The very best applied and theoretical science at NASA's
Johnson Space Center's Mission Control Center - author NASA


In criminology, the situation is worse. Crime studies usually emerge from police data - in other words, citizen reports to the police. Sometimes this shows basic patterns and sometimes not. If citizens don't trust the police,  they may not call the police for anything. How can we know if unreported incidents distort the real story? 

Criminologists conduct self-report surveys and victim surveys to close the gap. However, the dirty secret of crime patterns is that crime data is horrid. Since data is the basis on which scientific theory proceeds, unreliable data cannot produce good science. If you thought weather prediction was a fuzzy science, at least it uses decent data. 

Crime pattern studies, sadly, almost exclusively rely on police reports to analyze crime. In SafeGrowth we use a method called the risk assessment matrix to collect different forms of physical, social, and cultural data along with police stats. It's not perfect, but it is not dependent on police stats. 

Now imagine crime prediction! Researchers serve us terminologies like time decay factors, graph signal processing, and the deep generative adversarial network. They slice and dice data into sophisticated algorithms and impressive 3-D graphs. All of this emerges, of course, from the worst imaginable data (at least in scientific terms). My geography classes seldom mentioned crime data. Now I know why.  


Fortune-telling attempts prediction without data. This Japanese fortune-telling
service had no luck predicting the demise of its own advertising tower
- Author hanonimas, Creative Commons


I still keep up with some of the latest crime research – a recent study on predicting crime with time and location data and another trying to predict homicide locations.
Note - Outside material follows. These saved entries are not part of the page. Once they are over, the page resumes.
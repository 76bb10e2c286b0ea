//! What to do with a log, and its counts.

ghost use Rattle.std.specs.Prelude.{◌≡◌};
ghost use Rattle.etcs_log.specs.Logs.{is_written};
ghost use Rattle.etcs_log.specs.Values.{has_variables, needs_values};

use crate::kinds::Kinds;
use crate::numbers::NumberSet;

/// What is written of good lines.
#[derive(Clone, Copy, Debug, PartialEq, Eq)]
pub enum Good {
    /// Nothing.
    Left,
    /// Their digits in upper case, with the name of the kind before them if several kinds are asked for.
    Digits,
    /// One line of JSON each: the line's number, what is before its digits, and its item. What is reported of other lines is
    /// JSON then, too.
    Json,
}

impl Good {
    /// Whether good lines are written, and thus nothing else to the sink: the counts, the groups and what is reported of other
    /// lines are for the notes then.
    pub(crate) fn is_written(self) -> bool
        ensures { result ≡ is_written self }
    {
        match self {
            Good::Left => false,
            Good::Digits | Good::Json => true,
        }
    }

    /// Whether they are written variable by variable.
    #[inline]
    pub(crate) fn has_variables(self) -> bool
        ensures { result ≡ has_variables self }
    {
        match self {
            Good::Left | Good::Digits => false,
            Good::Json => true,
        }
    }
}

/// What to do with a log.
#[derive(Clone, Copy, Debug, PartialEq, Eq)]
pub struct LogJob {
    /// The kinds of items that a line may hold.
    pub kinds: Kinds,
    /// What is written of the good lines.
    pub good: Good,
    /// Whether counts are written after the last line.
    pub summary: bool,
    /// Whether a line for each balise group is written after that.
    pub groups: bool,
    /// Whether text is bad.
    pub strict: bool,
    /// Whether nothing is reported of single lines.
    pub quiet: bool,
    /// The packets of which a good item has one, if it is written; if there are none, any.
    pub packets: NumberSet,
    /// The messages that are written as good lines; if there are none, all.
    pub messages: NumberSet,
}

impl LogJob {
    /// Whether it needs the values of items, and not only their bytes: for counts, groups, a selection or JSON.
    #[inline]
    pub(crate) fn needs_values(&self) -> bool
        ensures { result ≡ needs_values self.now }
    {
        self.picks_some() || self.summary || self.groups || self.good.has_variables()
    }
}

/// How many lines of a whole log are what. All other lines are blank or comments.
#[derive(Clone, Copy, Debug, PartialEq, Eq)]
pub struct LogTally {
    /// How many lines are items.
    pub items: u64,
    /// How many are bad: neither of these, nor blank, nor a comment.
    pub bad: u64,
    /// How many aren't an item of the kinds, and have a number of bytes that only items of a kind that isn't asked for have.
    pub other: u64,
    /// How many are text without an item: without digits at their end, or with few after a letter.
    pub text: u64,
}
Homicide research is the type I trust most (it's difficult to ignore a murder victim and most get reported). The homicide prediction study concludes:

“Our results are important because, from a policy perspective, optimal deployment of scarce police resources should be guided by high resolution spatial strategies”
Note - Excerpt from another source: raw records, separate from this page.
//! How many bytes an item needs, where a line has another number of them.

ghost use Rattle.std.specs.Prelude.{◌≡◌, Some};
ghost use Rattle.std.specs.Fmt.{WritesOnOk};
ghost use Rattle.etcs_log.specs.Needed.{begins_telegram, message_needs, needs_of, said_length, telegram_needs};
ghost use Rattle.etcs_log.specs.Notes.{needed_text};

use crate::kinds::Kinds;
use etcs_reasons::inner::{byte_at, wanted_bytes};
use etcs_text::Kind;
use std::fmt;

/// What has another number of bytes.
#[derive(Clone, Copy)]
pub(crate) enum Needs {
    LongTelegram,
    ShortTelegram,
    /// A message, and what L_MESSAGE is, if it is there.
    Message(Option<usize>),
    /// An item of any of several kinds, and what L_MESSAGE is, if it is there and may be meant.
    AnyItem(Option<usize>),
}

/// Whether the bytes begin as telegrams do: with Q_UPDOWN 1 and M_VERSION 32 or 33.
fn begins_telegram(bytes: &[u8]) -> bool
    ensures { result ≡ begins_telegram bytes.now }
{
    matches!(byte_at(bytes, 0), 0xa0 | 0xa1)
}

/// What an item of these kinds needs where messages are asked for, too, or alone.
fn message_needs(kinds: Kinds, wanted: Option<usize>) -> Needs
    ensures { result ≡ message_needs kinds wanted }
{
    if kinds.long || kinds.short {
        Needs::AnyItem(wanted)
    } else {
        Needs::Message(wanted)
    }
}

/// What telegrams of these kinds need.
fn telegram_needs(kinds: Kinds) -> Needs
    ensures { result ≡ telegram_needs kinds }
{
    match (kinds.long, kinds.short) {
        (true, false) => Needs::LongTelegram,
        (false, true) => Needs::ShortTelegram,
        _ => Needs::AnyItem(None),
    }
}

/// L_MESSAGE, if the bytes may be a message that has it.
fn said_length(kinds: Kinds, bytes: &[u8]) -> Option<usize>
    ensures { result ≡ said_length kinds bytes.now }
{
    if kinds.asks_message(bytes) {
        wanted_bytes(Kind::Radio, bytes)
    } else {
        None
    }
}

/// What these bytes need to be an item of these kinds. Bytes that begin as telegrams do are a telegram that was cut; if both
/// sizes are asked for, a short one up to 65 bytes.
pub(crate) fn needs_of(kinds: Kinds, bytes: &[u8]) -> Needs
    ensures { result ≡ needs_of kinds bytes.now }
{
    if (kinds.long || kinds.short) && begins_telegram(bytes) {
        return if kinds.long && (!kinds.short || bytes.len() > 65) {
            Needs::LongTelegram
        } else {
            Needs::ShortTelegram
        };
    }
    if kinds.radio || kinds.train {
        return message_needs(kinds, said_length(kinds, bytes));
    }
    telegram_needs(kinds)
}

impl fmt::Display for Needs {
    ghost output = { λ needs. Some (needed_text needs) };

    #[tactic(auto, using(std::proofs::Common::append_assoc), unfolding(crate::specs::Notes::needed_text))]
    fn fmt<W: fmt::Write>(&self, f: &mut fmt::Formatter<W>) -> fmt::Result {
        match self {
            Needs::LongTelegram => f.write_str(", but a long telegram has 104"),
            Needs::ShortTelegram => f.write_str(", but a short telegram has 27"),
            Needs::Message(None) => f.write_str(", but a radio message has at least 3"),
            Needs::Message(Some(count)) => write!(f, ", but L_MESSAGE is {count}"),
            Needs::AnyItem(None) => f.write_str(", which no item of these kinds has"),
            Needs::AnyItem(Some(count)) => {
                write!(
                    f,
                    ", which no item of these kinds has: L_MESSAGE is {count}"
                )
            }
        }
    }
}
Well, first, police resources should be guided by evidence-based policy driven by reliable data! That is a long way off. 

Second, predictions from mathematical algorithms and graph signal processing should be based on real-life context. For example, will deploying police resources to the right places cut homicides? If alleyway bar fights or outdoor robberies cause the majority of homicides, then police patrols and arrests might work. Policing gang behavior to cut outdoor gang shootings will definitely help.
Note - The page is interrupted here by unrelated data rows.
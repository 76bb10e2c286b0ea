//! What is reported of a line, as far as its runs of digits were looked at.

ghost use Rattle.std.specs.Prelude.{◌≡◌, not, ◌*◌, ◌&&◌, ◌++◌, ◌∷◌, ℕ, List, [], None, Err, false, true, length, nat_lt};
ghost use Rattle.std.specs.Char.{is_ascii_alphabetic};
ghost use Rattle.std.specs.List.{list_any};
ghost use Rattle.etcs_runs.specs.Answers.{Says};
ghost use Rattle.etcs_runs.specs.Digits.{has_some, text_digits};
ghost use Rattle.etcs_log.specs.Candidates.{is_asked, is_wanted};
ghost use Rattle.std.specs.Option.{option_map};
ghost use Rattle.etcs_log.specs.Logs.{IsBytesNote, other_note, some_if, unless_asked};
ghost use Rattle.etcs_log.specs.declared.kinds.Kinds.{Kinds};
ghost use Rattle.etcs_log.specs.declared.notes.Note.{Note};
ghost use Rattle.etcs_log.specs.Reports.{AreReports, Sees};

use crate::kinds::{Kinds, is_asked, is_wanted};
use crate::notes::{Note, note_of, other_note};
use etcs_runs::{NoBytes, Run};

/// What is reported of a line whose runs are no item.
#[derive(Drop)]
pub(crate) struct Reports {
    /// Whether something is before the digits of the last run, so that bytes are named.
    named: bool,
    /// Whether the line is only text: without digits, or with fewer than an item has and a letter before them.
    is_text: bool,
    /// Whether a run is of a length that is asked for.
    asked: bool,
    /// Why the line is bad: of the first such run, and else of the last run.
    pub(crate) note: Note,
    /// What it is if there is none, and a run is of a length that another kind has.
    pub(crate) other: Option<Note>,
}

/// Whether there is a letter of ASCII.
fn has_letter(text: &[u8]) -> bool
    ensures { result ≡ list_any is_ascii_alphabetic text.now }
{
    text.iter().any(u8::is_ascii_alphabetic)
}

/// Whether there is anything.
#[tactic(auto, using(crate::proofs::Reporting::some_length))]
fn has_some(text: &[u8]) -> bool
    ensures { result ≡ has_some text.now }
{
    !text.is_empty()
}

/// What is reported of bytes if some kind has items of this length, and none that is asked for.
fn other_of(named: bool, asked: bool, bytes: &[u8]) -> Option<Note>
    ensures { result ≡ option_map (other_note named) (unless_asked (some_if asked bytes.now) (some_if (is_wanted bytes.now) bytes.now)) }
{
    if asked {
        return None;
    }
    if !is_wanted(bytes) {
        return None;
    }
    Some(other_note(named, bytes))
}

impl Reports {
    /// Of a line whose last run was looked at, with its bytes at the end of the buffer.
    pub(crate) fn of(kinds: Kinds, last: &Run<'_>, buffer: &[u8]) -> Reports
        requires { Says (text_digits last.now.text.now) last.now.bytes buffer.now }
        ensures { AreReports kinds (last.now.text.now ∷ []) result }
    {
        match last.bytes {
            Ok(count) => Reports::of_bytes(kinds, last.front(), &buffer[buffer.len() - count..]),
            Err(why) => Reports::of_none(last, why),
        }
    }

    /// Of a line whose last run has these bytes and this before its digits.
    fn of_bytes(kinds: Kinds, front: &[u8], bytes: &[u8]) -> Reports
        ensures named { result.named ≡ has_some front.now }
        ensures text { result.is_text ≡ nat_lt (2 * length bytes.now) 20 && list_any is_ascii_alphabetic front.now }
        ensures asked { result.asked ≡ is_asked kinds bytes.now }
        ensures note { IsBytesNote kinds result.named bytes.now result.note }
        ensures other { result.other ≡ option_map (other_note result.named) (unless_asked (some_if result.asked bytes.now) (some_if (is_wanted bytes.now) bytes.now)) }
    {
        let named = has_some(front);
        let asked = is_asked(kinds, bytes);
        Reports {
            named,
            is_text: 2 * bytes.len() < 20 && has_letter(front),
            asked,
            note: note_of(kinds, named, bytes),
            other: other_of(named, asked, bytes),
        }
    }

    /// Of a line whose last run has no bytes.
    fn of_none(last: &Run<'_>, why: NoBytes) -> Reports
        ensures { (kinds : Kinds) (buffer : List ℕ) → Says (text_digits last.now.text.now) (Err why) buffer → AreReports kinds (last.now.text.now ∷ []) result }
    {
        match why {
            NoBytes::OddDigits(count) => Reports::of_odd(last.front(), count),
            NoBytes::NoDigits | NoBytes::Empty => Reports::of_empty(last.front()),
        }
    }

    /// Of a line whose last run has this odd number of digits, and this before them.
    fn of_odd(front: &[u8], count: usize) -> Reports
        ensures named { result.named ≡ has_some front.now }
        ensures text { result.is_text ≡ nat_lt count 20 && list_any is_ascii_alphabetic front.now }
        ensures asked { result.asked ≡ false }
        ensures note { result.note ≡ Note.OddDigits count }
        ensures other { result.other ≡ None }
    {
        Reports {
            named: has_some(front),
            is_text: count < 20 && has_letter(front),
            asked: false,
            note: Note::OddDigits(count),
            other: None,
        }
    }

    /// Of a line without digits.
    fn of_empty(front: &[u8]) -> Reports
        ensures named { result.named ≡ has_some front.now }
        ensures text { result.is_text ≡ true }
        ensures asked { result.asked ≡ false }
        ensures note { result.note ≡ Note.NoDigits }
        ensures other { result.other ≡ None }
    {
        Reports {
            named: has_some(front),
            is_text: true,
            asked: false,
            note: Note::NoDigits,
            other: None,
        }
    }

    /// The run before those has these bytes.
    fn see(&mut self, kinds: Kinds, bytes: &[u8])
        ensures { Sees kinds bytes.now self.old self.new }
    {
        if self.asked {
            return;
        }
        if is_asked(kinds, bytes) {
            self.asked = true;
            self.note = note_of(kinds, self.named, bytes);
            self.other = None;
            return;
        }
        if self.other.is_none() {
            self.other = other_of(self.named, false, bytes);
        }
    }

    /// The run before those was looked at, with its bytes at the end of the buffer.
    pub(crate) fn see_run(&mut self, kinds: Kinds, run: &Run<'_>, buffer: &[u8])
        requires { Says (text_digits run.now.text.now) run.now.bytes buffer.now }
        ensures { (last : List ℕ) (texts : List (List ℕ)) → AreReports kinds (last ∷ texts) self.old → AreReports kinds (last ∷ (texts ++ run.now.text.now ∷ [])) self.new }
    {
        match run.bytes {
            Ok(count) => self.see(kinds, &buffer[buffer.len() - count..]),
            Err(_) => {}
        }
    }

    /// Whether the line is only text, and that isn't bad.
    pub(crate) fn lets(&self, strict: bool) -> bool
        ensures { result ≡ (not strict && self.now.is_text) }
    {
        !strict && self.is_text
    }
}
Unfortunately, studies reveal that, in the US and most other Western countries, most murder victims know their attackers, many offenses occur inside the domestic household, or the victim and attacker live in the same neighborhood. It’s hard to imagine how police deployment will make much difference. 

NASA Sunspot predictions for Solar Cycle 23 and 24 from
solar observation data - Creative Commons


One homicide study puts it this way: 

“Responses [to homicide] must place more responsibility on communities for identifying disputes at an early stage in their development, before they turn fatal.”

Since most homicides happen in the same troubled neighborhoods over and over, strategies like SafeGrowth build capacity in troubled neighborhoods to help residents, with their local police, to transform violence-breeding neighborhoods into livable, crime-resistant places. 

Not much prediction is needed there…just municipal services, competent training, and resources to get started. I believe strongly in research and evidence to create viable prevention programs. But let’s not get ahead of ourselves with delusions of scientific prediction when the data is so poor and well-known solutions are already at hand. 

Let's admit the truth of crime data and the limit to what it says.